Work to complete ▸ Every line below is to be quoted exactly, with nothing added or dropped.

Data for the task ▸

/// Laws: an axiom whose row is a triple between two trees, or one that gives a
/// tree a type, is the triple, where a graph keeps it, and the trees are drawn.
pub fn linked_axioms_are_drawn()
    ensures linked { (name : ℕ
        → List ℕ) (most : ℕ) (g : List Triple) (k : List Entity) (r : Row) (w : Word) (s u : Sort)
        → Contains axiom_rows r → r.site ≡ LinkedBy w → list_any (is_word w) axiom_predicates ≡ true
        → r.parts ≡ two_parts s u → (a b : Tree) → IsDrawn name most g k s a
        → IsDrawn name most g k u b → (sets : List Notes) (n : ℕ)
        → n + (nodes (form_of a) + nodes (form_of b)) ≤ most
        → KeepsLinked name g (link (term_of name (form_of a) n) (word_iri w) (term_of name (form_of b) (n + nodes (form_of a)))) (form_of a) (form_of b) sets n
        → IsAxiomWith g k (of_triple (link (term_of name (form_of a) n) (word_iri w) (term_of name (form_of b) (n + nodes (form_of a))))) r.tag (written a ∷ written b ∷ []) }
    ensures statement { (t : Tag) (ns a b : Tree) (r : Row) (w : Word) (s u : Sort)
        → row_for axiom_rows t (tags_of (kid_of a ∷ kid_of b ∷ [])) ≡ Some r → r.site ≡ LinkedBy w
        → r.parts ≡ two_parts s u → statement_of (node t (kid ns (kid a (kid b no_kids))))
        ≡ linked (form_of a) (word_iri w) (form_of b) }
    ensures typed { (name : ℕ
        → List ℕ) (most : ℕ) (g : List Triple) (k : List Entity) (r : Row) (w : Word) (s : Sort)
        → Contains axiom_rows r → r.site ≡ TypedBy w → list_any (is_word w) axiom_types ≡ true
        → r.parts ≡ one_part s → (a : Tree) → IsDrawn name most g k s a
        → (sets : List Notes) (n : ℕ) → n + nodes (form_of a) ≤ most
        → KeepsLinked name g (link (term_of name (form_of a) n) type_iri (Iri (word_iri w))) (form_of a) (plain (Iri (word_iri w))) sets n
        → IsAxiomWith g k (of_triple (link (term_of name (form_of a) n) type_iri (Iri (word_iri w)))) r.tag (written a ∷ []) }
{}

Output ▸
/// Laws: an axiom whose row is a triple between two trees, or one that gives a
/// tree a type, is the triple, where a graph keeps it, and the trees are drawn.
pub fn linked_axioms_are_drawn()
    ensures linked { (name : ℕ
        → List ℕ) (most : ℕ) (g : List Triple) (k : List Entity) (r : Row) (w : Word) (s u : Sort)
        → Contains axiom_rows r → r.site ≡ LinkedBy w → list_any (is_word w) axiom_predicates ≡ true
        → r.parts ≡ two_parts s u → (a b : Tree) → IsDrawn name most g k s a
        → IsDrawn name most g k u b → (sets : List Notes) (n : ℕ)
        → n + (nodes (form_of a) + nodes (form_of b)) ≤ most
        → KeepsLinked name g (link (term_of name (form_of a) n) (word_iri w) (term_of name (form_of b) (n + nodes (form_of a)))) (form_of a) (form_of b) sets n
        → IsAxiomWith g k (of_triple (link (term_of name (form_of a) n) (word_iri w) (term_of name (form_of b) (n + nodes (form_of a))))) r.tag (written a ∷ written b ∷ []) }
    ensures statement { (t : Tag) (ns a b : Tree) (r : Row) (w : Word) (s u : Sort)
        → row_for axiom_rows t (tags_of (kid_of a ∷ kid_of b ∷ [])) ≡ Some r → r.site ≡ LinkedBy w
        → r.parts ≡ two_parts s u → statement_of (node t (kid ns (kid a (kid b no_kids))))
        ≡ linked (form_of a) (word_iri w) (form_of b) }
    ensures typed { (name : ℕ
        → List ℕ) (most : ℕ) (g : List Triple) (k : List Entity) (r : Row) (w : Word) (s : Sort)
        → Contains axiom_rows r → r.site ≡ TypedBy w → list_any (is_word w) axiom_types ≡ true
        → r.parts ≡ one_part s → (a : Tree) → IsDrawn name most g k s a
        → (sets : List Notes) (n : ℕ) → n + nodes (form_of a) ≤ most
        → KeepsLinked name g (link (term_of name (form_of a) n) type_iri (Iri (word_iri w))) (form_of a) (plain (Iri (word_iri w))) sets n
        → IsAxiomWith g k (of_triple (link (term_of name (form_of a) n) type_iri (Iri (word_iri w)))) r.tag (written a ∷ []) }
{}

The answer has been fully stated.